(SUPPLIED RECORDS):
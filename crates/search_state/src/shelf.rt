//! Which of the entries that were set aside lies within a clause.
ghost use Rattle.std.specs.Prelude.{◌≡◌, ◌↔◌, ℕ, ◌*◌, ◌<◌, bit_or, length, List, IfOk, IfSome, IfNone, OnOk, Some, slice_get, true};
ghost use Rattle.std.specs.List.{All, Contains};
ghost use Rattle.sat_check.specs.Clauses.{AreBelow, ClausesAreBelow};
ghost use Rattle.sat_check.specs.Logs.{EntriesAreBelow, known_before};
ghost use Rattle.search_state.specs.Shelves.{IsShelf, IsCarded, IsAside, HasFewest, IsPutAt, IsMarked, AreMarked, HasMarked, HasBits, IsSignature, cards_of, code_of, bit_of};
ghost use Rattle.sat_check.specs.declared.clause.Clause.{Clause as OneClause};
ghost use Rattle.sat_check.specs.declared.clause.Lit.{Lit as OneLit};
ghost use Rattle.search_state.specs.declared.shelf.Card.{Card as OneCard};

use crate::watches::Pair;
use sat_check::{Clause, Entry, Lit, named};
use std::alloc::{AllocError, Global};

/// An entry that was set aside, by its number, and a bit for each of its literals.
#[derive(Clone, Copy)]
pub struct Card {
    pub index: u32,
    pub signature: u64,
}

/// For each variable the cards of entries that stand under it, and of those that stand under its
/// negation: an entry stands under one of its literals. And a mark for each literal, all of them
/// unset from one call to the next.
#[derive(Drop)]
pub struct Shelf {
    pub positive: Vec<Vec<Card>>,
    pub negative: Vec<Vec<Card>>,
    pub marks: Vec<bool>,
}

impl Shelf {
    /// No entry stands on it.
    pub fn new(alloc: Global, variables: u32) -> Result<Shelf, AllocError>
        ensures { IfOk result (IsShelf variables) }
    {
        Ok(Shelf {
            positive: no_cards(alloc, variables)?,
            negative: no_cards(alloc, variables)?,
            marks: vec![in alloc; false; 2 * variables as usize]?,
        })
    }

    /// Puts the entry of that number under the one of its literals that has the fewest cards.
    pub fn add(&mut self, index: u32, lits: &[Lit]) -> Result<(), AllocError>
        requires shelf { IsShelf (length self.old.positive.items) self.old }
        requires below { AreBelow (length self.old.positive.items) lits.now }
        requires some { 0 < length lits.now }
        ensures shelf { OnOk result (IsShelf (length self.old.positive.items) self.new) }
        ensures kept { OnOk result ((other : ℕ) (others : List OneLit) → IsCarded self.old other others → IsCarded self.new other others) }
        ensures carded { OnOk result (IsCarded self.new index lits.now) }
    {
        let lit = self.rarest(lits);
        let card = Card {
            index,
            signature: signature_of(lits),
        };
        if lit.positive {
            push_at(&mut self.positive, lit.variable, card)
        } else {
            push_at(&mut self.negative, lit.variable, card)
        }
    }

    // The literal under which the fewest cards stand.
    fn rarest(&self, lits: &[Lit]) -> Lit
        requires shelf { IsShelf (length self.now.positive.items) self.now }
        requires below { AreBelow (length self.now.positive.items) lits.now }
        requires some { 0 < length lits.now }
        ensures stands { Contains lits.now result }
        ensures fewest { HasFewest self.now lits.now result }
    {
        let mut rarest = lits[0];
        for lit in lits {
            if self.of(*lit).len() < self.of(rarest).len() {
                rarest = *lit;
            }
        }
        rarest
    }

    // The cards that stand under the literal.
    fn of(&self, lit: Lit) -> &[Card]
        requires positive { lit.variable < length self.now.positive.items }
        requires negative { lit.variable < length self.now.negative.items }
        ensures { result.now ≡ cards_of self.now lit }
    {
        if lit.positive {
            self.positive[lit.variable as usize].as_slice()
        } else {
            self.negative[lit.variable as usize].as_slice()
        }
    }

    /// The number of an entry that was set aside and has all its literals among these, if there is
    /// one on the shelf.
    pub fn within(
        &mut self,
        pairs: &[Pair],
        clauses: &[Clause],
        entries: &[Entry],
        lits: &[Lit],
    ) -> Option<u32>
        requires shelf { IsShelf (length self.old.positive.items) self.old }
        requires below { AreBelow (length self.old.positive.items) lits.now }
        requires clauses_below { ClausesAreBelow (length self.old.positive.items) clauses.now }
        requires entries_below { EntriesAreBelow (length self.old.positive.items) entries.now }
        ensures positive { self.new.positive ≡ self.old.positive }
        ensures negative { self.new.negative ≡ self.old.negative }
        ensures shelf { IsShelf (length self.old.positive.items) self.new }
        ensures found { IfSome result (IsAside pairs.now) }
        ensures none { IfNone result ((index : ℕ) (clause : OneClause) → slice_get (known_before clauses.now entries.now) index ≡ Some clause → IsAside pairs.now index → IsCarded self.old index clause.lits → ¬ All (Contains lits.now) clause.lits) }
    {
        self.mark(lits, true);
        let found = self.marked(pairs, clauses, entries, lits);
        self.mark(lits, false);
        found
    }

    // Sets or unsets the marks of the literals.
    fn mark(&mut self, lits: &[Lit], mark: bool)
        requires len { length self.old.marks.items ≡ 2 * length self.old.positive.items }
        requires below { AreBelow (length self.old.positive.items) lits.now }
        ensures positive { self.new.positive ≡ self.old.positive }
        ensures negative { self.new.negative ≡ self.old.negative }
        ensures marked { AreMarked self.old.marks.items self.new.marks.items lits.now mark }
    {
        for lit in lits {
            self.marks[code_of(*lit)] = mark;
        }
    }

    // The number of an entry that was set aside, stands under one of the literals, and has only
    // marked ones. The marks are those of the literals.
    fn marked(
        &self,
        pairs: &[Pair],
        clauses: &[Clause],
        entries: &[Entry],
        lits: &[Lit],
    ) -> Option<u32>
        requires positive { AreBelow (length self.now.positive.items) lits.now }
        requires negative { AreBelow (length self.now.negative.items) lits.now }
        requires len { length self.now.marks.items ≡ 2 * length self.now.positive.items }
        requires clauses_below { ClausesAreBelow (length self.now.positive.items) clauses.now }
        requires entries_below { EntriesAreBelow (length self.now.positive.items) entries.now }
        requires marks { (lit : OneLit) → Contains lits.now lit → IsMarked self.now.marks.items lit }
        ensures aside { IfSome result (IsAside pairs.now) }
        ensures marked { IfSome result (HasMarked self.now.marks.items (known_before clauses.now entries.now)) }
        ensures none { IfNone result ((index : ℕ) (clause : OneClause) → slice_get (known_before clauses.now entries.now) index ≡ Some clause → IsAside pairs.now index → IsCarded self.now index clause.lits → ¬ All (Contains lits.now) clause.lits) }
    {
        let whole = signature_of(lits);
        for lit in lits {
            if let Some(index) = self.marked_under(pairs, clauses, entries, *lit, whole) {
                return Some(index);
            }
        }
        None
    }

    // The number of an entry that was set aside, stands under the literal, and has only marked
    // ones. Only what may lie within the signature is looked at.
    fn marked_under(
        &self,
        pairs: &[Pair],
        clauses: &[Clause],
        entries: &[Entry],
        lit: Lit,
        whole: u64,
    ) -> Option<u32>
        requires positive { lit.variable < length self.now.positive.items }
        requires negative { lit.variable < length self.now.negative.items }
        requires len { length self.now.marks.items ≡ 2 * length self.now.positive.items }
        requires clauses_below { ClausesAreBelow (length self.now.positive.items) clauses.now }
        requires entries_below { EntriesAreBelow (length self.now.positive.items) entries.now }
        ensures aside { IfSome result (IsAside pairs.now) }
        ensures marked { IfSome result (HasMarked self.now.marks.items (known_before clauses.now entries.now)) }
        ensures none { IfNone result ((card : OneCard) → Contains (cards_of self.now lit) card → bit_or card.signature whole ≡ whole → IsAside pairs.now card.index → ¬ HasMarked self.now.marks.items (known_before clauses.now entries.now) card.index) }
    {
        for card in self.of(lit) {
            if may_lie(card.signature, whole)
                && is_aside(pairs, card.index)
                && self.has_marked(clauses, entries, card.index)
            {
                return Some(card.index);
            }
        }
        None
    }

    // Whether all literals of the clause of that number are marked.
    fn has_marked(&self, clauses: &[Clause], entries: &[Entry], index: u32) -> bool
        requires len { length self.now.marks.items ≡ 2 * length self.now.positive.items }
        requires clauses_below { ClausesAreBelow (length self.now.positive.items) clauses.now }
        requires entries_below { EntriesAreBelow (length self.now.positive.items) entries.now }
        ensures { result ≡ true ↔ HasMarked self.now.marks.items (known_before clauses.now entries.now) index }
    {
        match named(clauses, entries, index) {
            Some(lits) => self.are_marked(lits),
            None => false,
        }
    }

    // Whether all of the literals are marked.
    fn are_marked(&self, lits: &[Lit]) -> bool
        requires len { length self.now.marks.items ≡ 2 * length self.now.positive.items }
        requires below { AreBelow (length self.now.positive.items) lits.now }
        ensures { result ≡ true ↔ All (IsMarked self.now.marks.items) lits.now }
    {
        for lit in lits {
            if !self.marks[code_of(*lit)] {
                return false;
            }
        }
        true
    }
}

// Whether the clause of that number was set aside.
fn is_aside(pairs: &[Pair], index: u32) -> bool
    ensures { result ≡ true ↔ IsAside pairs.now index }
{
    match pairs.get(index as usize) {
        Some(pair) => pair.aside,
        None => false,
    }
}

// The place of a literal's mark.
fn code_of(lit: Lit) -> usize
    ensures { result ≡ code_of lit }
{
    2 * lit.variable as usize + if lit.positive { 1 } else { 0 }
}

// A bit for each literal. Two literals may have the same.
fn signature_of(lits: &[Lit]) -> u64
    ensures within { IsSignature result lits.now }
    ensures has { HasBits result lits.now }
{
    let mut signature = 0;
    for lit in lits {
        signature = bit_of(*lit) | signature;
    }
    signature
}

// Half of the bits are for variables, and the other half for their negations.
fn bit_of(lit: Lit) -> u64
    ensures { result ≡ bit_of lit }
{
    let place = lit.variable % 32;
    1 << if lit.positive { place } else { place + 32 }
}

// Whether the clause of the first signature may lie within that of the second.
fn may_lie(signature: u64, whole: u64) -> bool
    ensures { result ≡ true ↔ bit_or signature whole ≡ whole }
{
    signature | whole == whole
}

fn push_at(lists: &mut Vec<Vec<Card>>, place: u32, card: Card) -> Result<(), AllocError>
    requires { place < length lists.old.items }
    ensures { OnOk result (IsPutAt lists.old.items lists.new.items place card) }
{
    lists[place as usize].push(card)?;
    Ok(())
}

fn no_cards(alloc: Global, variables: u32) -> Result<Vec<Vec<Card>>, AllocError>
    ensures { IfOk result (λ lists. length lists.items ≡ variables) }
{
    let mut lists = Vec::with_capacity(alloc, variables as usize)?;
    for _made in 0..variables {
        lists.push(Vec::new(alloc))?;
    }
    Ok(lists)
}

(EXERCISE DESCRIPTION):
From the listing above, copy every line where the string "ones" is found.

(EXERCISE OUTPUT):
    // marked ones. The marks are those of the literals.
    // ones. Only what may lie within the signature is looked at.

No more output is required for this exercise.